Work task ->
State how many lines in the records below contain the word "exit". Nothing else is needed.

Given information ->
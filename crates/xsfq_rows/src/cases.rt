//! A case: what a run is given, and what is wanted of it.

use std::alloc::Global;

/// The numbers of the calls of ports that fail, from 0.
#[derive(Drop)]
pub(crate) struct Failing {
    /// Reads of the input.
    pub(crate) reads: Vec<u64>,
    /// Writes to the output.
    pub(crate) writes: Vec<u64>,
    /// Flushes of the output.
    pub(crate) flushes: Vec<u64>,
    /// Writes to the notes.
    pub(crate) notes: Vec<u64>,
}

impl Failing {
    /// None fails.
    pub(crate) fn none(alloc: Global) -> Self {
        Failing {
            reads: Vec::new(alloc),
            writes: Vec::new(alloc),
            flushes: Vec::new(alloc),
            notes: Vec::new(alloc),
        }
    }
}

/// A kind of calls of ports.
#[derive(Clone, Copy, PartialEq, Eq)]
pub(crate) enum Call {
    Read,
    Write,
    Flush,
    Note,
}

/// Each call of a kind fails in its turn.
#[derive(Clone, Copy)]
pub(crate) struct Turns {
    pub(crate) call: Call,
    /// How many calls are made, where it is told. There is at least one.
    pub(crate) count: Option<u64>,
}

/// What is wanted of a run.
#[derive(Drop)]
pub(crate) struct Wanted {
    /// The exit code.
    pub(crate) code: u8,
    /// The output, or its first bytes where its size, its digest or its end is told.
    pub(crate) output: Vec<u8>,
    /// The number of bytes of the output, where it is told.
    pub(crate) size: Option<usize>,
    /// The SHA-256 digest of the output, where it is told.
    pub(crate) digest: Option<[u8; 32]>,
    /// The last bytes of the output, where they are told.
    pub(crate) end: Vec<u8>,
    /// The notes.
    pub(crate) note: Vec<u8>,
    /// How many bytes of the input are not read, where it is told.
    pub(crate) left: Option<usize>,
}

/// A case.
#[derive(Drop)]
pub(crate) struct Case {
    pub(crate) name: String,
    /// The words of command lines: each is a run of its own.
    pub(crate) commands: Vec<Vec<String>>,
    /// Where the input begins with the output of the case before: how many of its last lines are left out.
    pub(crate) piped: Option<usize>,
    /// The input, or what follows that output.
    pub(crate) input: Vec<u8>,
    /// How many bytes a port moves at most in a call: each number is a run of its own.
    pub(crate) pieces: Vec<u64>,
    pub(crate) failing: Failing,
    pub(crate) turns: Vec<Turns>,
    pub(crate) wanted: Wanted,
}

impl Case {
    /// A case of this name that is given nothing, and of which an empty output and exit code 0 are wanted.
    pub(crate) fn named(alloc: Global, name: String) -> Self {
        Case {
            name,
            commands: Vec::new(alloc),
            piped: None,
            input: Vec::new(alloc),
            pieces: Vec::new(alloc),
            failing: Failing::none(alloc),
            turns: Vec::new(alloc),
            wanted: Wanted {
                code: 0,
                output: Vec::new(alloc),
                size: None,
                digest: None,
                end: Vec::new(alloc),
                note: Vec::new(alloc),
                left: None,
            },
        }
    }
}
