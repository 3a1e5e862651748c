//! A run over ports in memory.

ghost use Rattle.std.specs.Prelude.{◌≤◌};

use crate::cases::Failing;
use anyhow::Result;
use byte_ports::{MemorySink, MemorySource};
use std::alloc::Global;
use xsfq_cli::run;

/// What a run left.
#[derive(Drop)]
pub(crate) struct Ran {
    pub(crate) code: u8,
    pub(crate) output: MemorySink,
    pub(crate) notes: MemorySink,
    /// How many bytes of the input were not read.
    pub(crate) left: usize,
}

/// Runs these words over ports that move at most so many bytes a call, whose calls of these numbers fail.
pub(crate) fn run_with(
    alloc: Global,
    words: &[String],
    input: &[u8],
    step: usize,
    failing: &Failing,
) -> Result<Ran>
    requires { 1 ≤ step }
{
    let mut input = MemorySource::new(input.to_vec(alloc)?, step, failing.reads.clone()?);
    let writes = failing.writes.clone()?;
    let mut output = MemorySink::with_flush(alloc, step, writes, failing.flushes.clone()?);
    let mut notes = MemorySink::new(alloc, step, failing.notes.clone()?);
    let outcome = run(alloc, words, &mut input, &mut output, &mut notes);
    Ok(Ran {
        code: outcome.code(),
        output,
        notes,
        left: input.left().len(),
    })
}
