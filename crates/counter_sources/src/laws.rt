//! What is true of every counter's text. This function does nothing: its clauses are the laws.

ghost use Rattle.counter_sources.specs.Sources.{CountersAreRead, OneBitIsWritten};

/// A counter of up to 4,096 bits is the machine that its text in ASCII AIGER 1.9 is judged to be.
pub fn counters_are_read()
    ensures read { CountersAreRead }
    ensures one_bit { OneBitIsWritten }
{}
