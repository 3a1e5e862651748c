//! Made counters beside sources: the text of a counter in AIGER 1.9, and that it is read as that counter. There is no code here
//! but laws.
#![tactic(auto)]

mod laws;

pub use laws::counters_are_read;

--

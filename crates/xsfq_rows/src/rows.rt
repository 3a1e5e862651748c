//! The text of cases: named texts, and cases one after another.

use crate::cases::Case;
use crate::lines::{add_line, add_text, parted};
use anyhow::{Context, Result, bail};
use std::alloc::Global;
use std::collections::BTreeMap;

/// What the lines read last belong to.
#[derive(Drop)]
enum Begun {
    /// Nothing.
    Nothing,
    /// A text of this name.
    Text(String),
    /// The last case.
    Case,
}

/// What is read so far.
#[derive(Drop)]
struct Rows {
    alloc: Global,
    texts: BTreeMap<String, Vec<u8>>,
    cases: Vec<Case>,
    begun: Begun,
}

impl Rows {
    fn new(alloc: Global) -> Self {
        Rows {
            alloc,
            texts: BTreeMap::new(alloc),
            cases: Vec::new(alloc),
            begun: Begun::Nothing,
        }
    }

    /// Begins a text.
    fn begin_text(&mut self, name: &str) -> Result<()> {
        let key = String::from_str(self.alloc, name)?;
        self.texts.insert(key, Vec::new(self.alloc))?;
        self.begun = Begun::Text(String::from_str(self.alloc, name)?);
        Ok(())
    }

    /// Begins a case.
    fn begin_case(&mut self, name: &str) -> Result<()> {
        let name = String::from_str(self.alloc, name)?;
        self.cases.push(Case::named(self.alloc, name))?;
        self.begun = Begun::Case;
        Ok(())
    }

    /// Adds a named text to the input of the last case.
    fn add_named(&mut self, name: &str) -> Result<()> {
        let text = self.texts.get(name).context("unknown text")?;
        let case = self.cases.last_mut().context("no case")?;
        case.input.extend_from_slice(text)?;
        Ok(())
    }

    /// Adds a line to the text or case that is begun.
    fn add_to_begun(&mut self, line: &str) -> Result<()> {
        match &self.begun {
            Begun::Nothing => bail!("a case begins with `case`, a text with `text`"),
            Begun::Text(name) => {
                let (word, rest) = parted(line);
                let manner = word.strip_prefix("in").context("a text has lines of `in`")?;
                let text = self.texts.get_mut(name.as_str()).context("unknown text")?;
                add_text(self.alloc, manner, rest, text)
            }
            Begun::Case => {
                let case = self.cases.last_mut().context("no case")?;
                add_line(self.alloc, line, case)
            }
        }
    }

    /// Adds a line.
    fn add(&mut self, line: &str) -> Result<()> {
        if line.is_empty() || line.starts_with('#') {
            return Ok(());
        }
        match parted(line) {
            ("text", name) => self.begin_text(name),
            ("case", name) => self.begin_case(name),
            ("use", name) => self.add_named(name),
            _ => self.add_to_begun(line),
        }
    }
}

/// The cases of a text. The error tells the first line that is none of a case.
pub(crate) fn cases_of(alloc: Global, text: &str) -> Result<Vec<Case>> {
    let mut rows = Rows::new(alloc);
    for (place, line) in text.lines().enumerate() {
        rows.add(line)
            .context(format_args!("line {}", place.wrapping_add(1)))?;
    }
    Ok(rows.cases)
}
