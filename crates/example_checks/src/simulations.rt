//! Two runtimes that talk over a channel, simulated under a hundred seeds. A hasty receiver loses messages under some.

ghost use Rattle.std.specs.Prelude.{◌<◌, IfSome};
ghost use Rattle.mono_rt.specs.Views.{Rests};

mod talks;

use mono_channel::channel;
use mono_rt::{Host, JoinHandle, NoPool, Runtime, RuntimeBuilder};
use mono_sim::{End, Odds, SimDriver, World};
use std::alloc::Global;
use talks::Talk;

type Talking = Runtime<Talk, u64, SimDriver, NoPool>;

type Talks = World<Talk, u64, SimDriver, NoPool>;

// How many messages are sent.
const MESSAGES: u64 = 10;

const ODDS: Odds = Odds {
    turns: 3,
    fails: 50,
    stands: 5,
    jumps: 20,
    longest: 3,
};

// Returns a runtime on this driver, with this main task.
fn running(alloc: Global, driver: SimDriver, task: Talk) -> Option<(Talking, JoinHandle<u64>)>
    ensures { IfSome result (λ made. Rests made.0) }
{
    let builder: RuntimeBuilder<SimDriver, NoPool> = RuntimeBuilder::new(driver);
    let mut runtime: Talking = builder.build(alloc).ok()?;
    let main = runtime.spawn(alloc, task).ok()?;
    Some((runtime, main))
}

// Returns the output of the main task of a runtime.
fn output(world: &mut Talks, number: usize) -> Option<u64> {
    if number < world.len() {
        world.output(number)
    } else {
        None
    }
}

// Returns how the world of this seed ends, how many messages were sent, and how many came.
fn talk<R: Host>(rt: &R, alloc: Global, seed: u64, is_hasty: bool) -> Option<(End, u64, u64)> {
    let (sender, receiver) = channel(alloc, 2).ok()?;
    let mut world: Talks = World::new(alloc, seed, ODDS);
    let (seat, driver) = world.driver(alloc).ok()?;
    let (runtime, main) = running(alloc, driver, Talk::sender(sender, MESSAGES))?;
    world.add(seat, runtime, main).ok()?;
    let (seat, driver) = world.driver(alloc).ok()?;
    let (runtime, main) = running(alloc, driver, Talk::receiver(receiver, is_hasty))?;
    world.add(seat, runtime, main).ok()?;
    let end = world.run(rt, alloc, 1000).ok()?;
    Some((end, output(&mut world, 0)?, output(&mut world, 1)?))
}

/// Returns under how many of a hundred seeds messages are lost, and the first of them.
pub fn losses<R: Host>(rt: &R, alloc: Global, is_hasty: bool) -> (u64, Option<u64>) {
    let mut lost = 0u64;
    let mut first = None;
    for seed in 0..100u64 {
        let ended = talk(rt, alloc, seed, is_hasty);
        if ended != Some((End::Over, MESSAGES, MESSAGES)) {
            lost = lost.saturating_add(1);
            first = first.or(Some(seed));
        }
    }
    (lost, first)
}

--

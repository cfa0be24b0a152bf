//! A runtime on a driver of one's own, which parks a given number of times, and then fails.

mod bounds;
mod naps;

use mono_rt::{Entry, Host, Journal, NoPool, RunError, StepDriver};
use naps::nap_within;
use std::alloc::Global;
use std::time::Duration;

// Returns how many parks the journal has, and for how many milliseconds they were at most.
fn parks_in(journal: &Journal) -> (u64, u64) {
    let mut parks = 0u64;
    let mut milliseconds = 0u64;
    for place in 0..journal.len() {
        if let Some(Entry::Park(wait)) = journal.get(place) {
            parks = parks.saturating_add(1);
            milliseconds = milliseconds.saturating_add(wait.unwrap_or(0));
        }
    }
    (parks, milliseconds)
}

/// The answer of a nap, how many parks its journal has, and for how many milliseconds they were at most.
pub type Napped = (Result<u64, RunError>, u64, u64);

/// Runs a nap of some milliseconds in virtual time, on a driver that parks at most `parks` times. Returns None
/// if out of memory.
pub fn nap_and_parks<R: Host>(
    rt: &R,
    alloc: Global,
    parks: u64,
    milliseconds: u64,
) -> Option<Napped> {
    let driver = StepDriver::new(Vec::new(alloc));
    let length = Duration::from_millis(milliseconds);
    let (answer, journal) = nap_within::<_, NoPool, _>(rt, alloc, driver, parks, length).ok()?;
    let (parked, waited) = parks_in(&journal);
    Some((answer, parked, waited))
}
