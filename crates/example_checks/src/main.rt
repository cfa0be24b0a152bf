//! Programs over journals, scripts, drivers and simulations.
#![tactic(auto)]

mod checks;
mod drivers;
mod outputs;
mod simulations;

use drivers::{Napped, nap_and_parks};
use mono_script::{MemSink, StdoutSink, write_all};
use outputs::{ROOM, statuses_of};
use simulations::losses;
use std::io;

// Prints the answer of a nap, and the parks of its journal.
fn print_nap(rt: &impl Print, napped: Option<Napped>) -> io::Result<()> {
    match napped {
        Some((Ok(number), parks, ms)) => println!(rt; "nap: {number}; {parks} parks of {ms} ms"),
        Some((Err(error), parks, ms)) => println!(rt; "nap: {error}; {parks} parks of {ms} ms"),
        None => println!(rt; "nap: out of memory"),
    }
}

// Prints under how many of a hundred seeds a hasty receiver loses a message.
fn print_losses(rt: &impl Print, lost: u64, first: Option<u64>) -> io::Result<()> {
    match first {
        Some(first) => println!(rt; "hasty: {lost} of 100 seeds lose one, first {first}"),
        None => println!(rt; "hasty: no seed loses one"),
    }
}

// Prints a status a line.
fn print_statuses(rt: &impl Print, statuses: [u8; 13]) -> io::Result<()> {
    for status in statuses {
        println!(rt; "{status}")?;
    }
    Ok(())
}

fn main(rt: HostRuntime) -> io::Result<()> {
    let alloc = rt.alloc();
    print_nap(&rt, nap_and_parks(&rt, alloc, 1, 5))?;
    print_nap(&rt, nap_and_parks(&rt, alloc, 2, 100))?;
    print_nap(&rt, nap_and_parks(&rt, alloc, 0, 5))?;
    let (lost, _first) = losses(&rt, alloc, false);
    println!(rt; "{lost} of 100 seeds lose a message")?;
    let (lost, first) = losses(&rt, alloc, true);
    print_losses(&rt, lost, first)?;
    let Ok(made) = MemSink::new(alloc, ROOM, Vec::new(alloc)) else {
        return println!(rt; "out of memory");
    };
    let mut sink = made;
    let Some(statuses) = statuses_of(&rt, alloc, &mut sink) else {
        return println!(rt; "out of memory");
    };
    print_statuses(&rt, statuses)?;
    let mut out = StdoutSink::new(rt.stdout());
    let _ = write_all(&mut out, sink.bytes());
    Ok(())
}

Output for this exercise ->
2